BUCHAREST, Romania (AP) Anca Petrescu, the chief architect of Bucharest's "Palace of the People," a massive government structure that has been described as a huge Stalinist wedding cake, died Wednesday. She was 64.
Petrescu, who had been in a coma after a September car accident, died in Floreasca Hospital in the Romanian capital, hospital spokesman Dr. Bogdan Oprita said.
Her landmark Bucharest palace is the world's second-largest administrative building after the Pentagon. It spans 350,000 square meters (3.77 million square feet) and is perhaps the most visible legacy of Romania's late dictator, Nicolae Ceausescu.

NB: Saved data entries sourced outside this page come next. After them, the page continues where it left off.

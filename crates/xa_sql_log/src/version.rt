//! The version that the tables of a log name.
ghost use Rattle.std.specs.Prelude.{◌≡◌, ◌≢◌, ℕ, List, pos, false, [], ◌∷◌, IfOk, IfErr, OnOk, OnErr};
ghost use Rattle.std.specs.List.{Contains};
ghost use Rattle.sqlite.specs.declared.types.Value.{Value};
ghost use Rattle.sqlite.specs.declared.types.Value.TheVariants.{Int};
ghost use Rattle.sqlite.specs.Order.{column};
ghost use Rattle.sqlite.specs.State.{HasCleanDisk, IsUnchanged, Survives};
ghost use Rattle.sqlite.specs.Held.{state};
ghost use Rattle.xa_log.specs.Contract.{IsStoreFault};
ghost use Rattle.xa_sql_log.specs.Sql.{Rests};
ghost use Rattle.xa_sql_log.specs.OpenedDatabase.{HasTables, HasMetaRow, IsNatural, NamesVersion};

use crate::fields::number;
use crate::statements::of_store;
use sqlite::{Alter, Connection, Row};
use xa_log::LogFault;

pub(crate) const READ_META: &str = "SELECT version, incarnation FROM tm_meta";

/// The version in the row of `tm_meta`, both of whose numbers have to fit their types.
fn version_in(rows: &[Row]) -> Result<u64, LogFault>
    ensures ok { IfOk result (λ version. (row : List Value) × Contains rows.now row ×
        (column row 0 ≡ Int (pos version)) × IsNatural (column row 1)) }
    ensures err { (v i : ℕ) → rows.now ≡ (Int (pos v) ∷ Int (pos i) ∷ []) ∷ [] →
        IfErr result (λ fault. fault ≡ LogFault.Memory) }
{
    let row = rows.first().ok_or(LogFault::Version)?;
    let version = number(row, 0)?;
    let _incarnation: u64 = number(row, 1)?;
    Ok(version)
}

/// Refuses a version that is another.
fn match_version(found: u64, version: u64) -> Result<(), LogFault>
    ensures ok { OnOk result (found ≡ version) }
    ensures err { IfErr result (λ fault. (fault ≡ LogFault.Version) × (found ≢ version)) }
{
    if found == version {
        Ok(())
    } else {
        Err(LogFault::Version)
    }
}

/// Whether the tables name this version; [`LogFault::Version`] where they name another or none.
pub(crate) fn check_version<S: Alter>(
    conn: &mut Connection<S>,
    version: u64,
) -> Result<(), LogFault>
    ensures honest { HasCleanDisk (state S.Store conn.new) → HasCleanDisk (state S.Store conn.old) }
    ensures mode { conn.old.in_transaction ≡ false → conn.new.in_transaction ≡ false }
    // Nothing is changed.
    ensures same { HasTables (state S.Store conn.old) → HasCleanDisk (state S.Store conn.new) →
        OnOk result (IsUnchanged (state S.Store conn.old) (state S.Store conn.new)) }
    ensures rests { HasTables (state S.Store conn.old) → HasCleanDisk (state S.Store conn.new) →
        OnErr result (Rests (state S.Store conn.old) (state S.Store conn.new)) }
    ensures survives { HasTables (state S.Store conn.old) →
        Survives (state S.Store conn.old) (state S.Store conn.new) (λ _. ⊥) }
    // Which tables are refused, and as what.
    ensures version { HasTables (state S.Store conn.old) → HasCleanDisk (state S.Store conn.new) →
        OnOk result (NamesVersion version (state S.Store conn.old)) }
    ensures known { (i : ℕ) → HasMetaRow version i (state S.Store conn.old) →
        HasCleanDisk (state S.Store conn.new) → IfErr result IsStoreFault }
{
    let rows = of_store(conn.query_all(READ_META, &[]))?;
    let found = version_in(rows.as_slice())?;
    match_version(found, version)
}
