//! How often the manager has started.
ghost use Rattle.std.specs.Prelude.{◌≡◌, ◌≢◌, ◌≤◌, ◌+◌, Err, IfErr, IfOk, IsSomeAnd, OnOk, Some};
ghost use Rattle.sqlite.specs.Held.{state};
ghost use Rattle.sqlite.specs.State.{HasCleanDisk};
ghost use Rattle.xa_log.specs.Content.{with_bump, last_number, with_incarnation};
ghost use Rattle.xa_log.specs.Contract.{Makes};
ghost use Rattle.xa_sql_log.specs.Sql.{IsOrderly, MayChange, OnlyReads, content_in};
ghost use Rattle.xa_log.specs.declared.log_fault.LogFault.{LogFault};

use crate::fields::number;
use crate::statements::{ask, run, stored};
use sqlite::{Alter, Connection, params};
use xa_log::{LAST_NUMBER, LogFault};

pub(crate) fn find_incarnation<S: Alter>(conn: &mut Connection<S>) -> Result<u64, LogFault>
    ensures reads { OnlyReads (state S.Store conn.old) (state S.Store conn.new) }
    ensures ok { IsOrderly (state S.Store conn.old) → HasCleanDisk (state S.Store conn.new) →
        IfOk result (λ n. IsSomeAnd (content_in (state S.Store conn.old)) (λ c.
        (content_in (state S.Store conn.new) ≡ Some c) × (n ≡ c.incarnation))) }
    ensures unspent { IfErr result (λ fault. fault ≢ LogFault.Spent) }
{
    let rows = ask(conn, "SELECT incarnation FROM tm_meta", &[])?;
    match rows.first() {
        Some(row) => number(row, 0),
        None => Err(LogFault::Version),
    }
}

fn set_incarnation<S: Alter>(conn: &mut Connection<S>, incarnation: u64) -> Result<(), LogFault>
    requires { incarnation ≤ last_number }
    ensures changes { MayChange (with_incarnation incarnation)
        (state S.Store conn.old) (state S.Store conn.new) }
    ensures ok { IsOrderly (state S.Store conn.old) → HasCleanDisk (state S.Store conn.new) →
        OnOk result (Makes (with_incarnation incarnation)
        (content_in (state S.Store conn.old)) (content_in (state S.Store conn.new))) }
    ensures unspent { IfErr result (λ fault. fault ≢ LogFault.Spent) }
{
    run(
        conn,
        "UPDATE tm_meta SET incarnation = ?1",
        params![stored(incarnation)],
    )
}

/// Adds one to the incarnation, and answers the new one. At the last one it is [`LogFault::Spent`].
pub(crate) fn bump<S: Alter>(conn: &mut Connection<S>) -> Result<u64, LogFault>
    ensures changes { MayChange with_bump (state S.Store conn.old) (state S.Store conn.new) }
    ensures ok { IsOrderly (state S.Store conn.old) → HasCleanDisk (state S.Store conn.new) →
        OnOk result (Makes with_bump
        (content_in (state S.Store conn.old)) (content_in (state S.Store conn.new))) }
    ensures answer { IsOrderly (state S.Store conn.old) → HasCleanDisk (state S.Store conn.new) →
        IfOk result (λ n. IsSomeAnd (content_in (state S.Store conn.old)) (λ c.
        n ≡ c.incarnation + 1)) }
    ensures most { IfOk result (λ n. n ≤ last_number) }
    ensures spent { IsOrderly (state S.Store conn.old) → HasCleanDisk (state S.Store conn.new) →
        result ≡ Err LogFault.Spent → IsSomeAnd (content_in (state S.Store conn.old)) (λ c.
        (last_number ≤ c.incarnation) × (content_in (state S.Store conn.new) ≡ Some c)) }
{
    let last = find_incarnation(conn)?;
    if last >= LAST_NUMBER {
        return Err(LogFault::Spent);
    }
    let next = last + 1;
    set_incarnation(conn, next)?;
    Ok(next)
}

Appointed the building's chief architect in 1978, Petrescu worked at the still-unfinished palace until her accident. She told The Associated Press in an interview last year that Buckingham Palace in London and the Palace of Versailles outside Paris were her artistic inspirations for the building, not North Korean architecture as was widely reported.
Petrescu recalled Ceausescu, who was tried and executed Dec. 25, 1989, and never got to use the palace, as being obsessed with detail and constantly inspecting the site. She said that were he alive to see what had become of the palace, which even hosts weddings and balls today, he "would make the sign of the cross" as in he'd be horrified.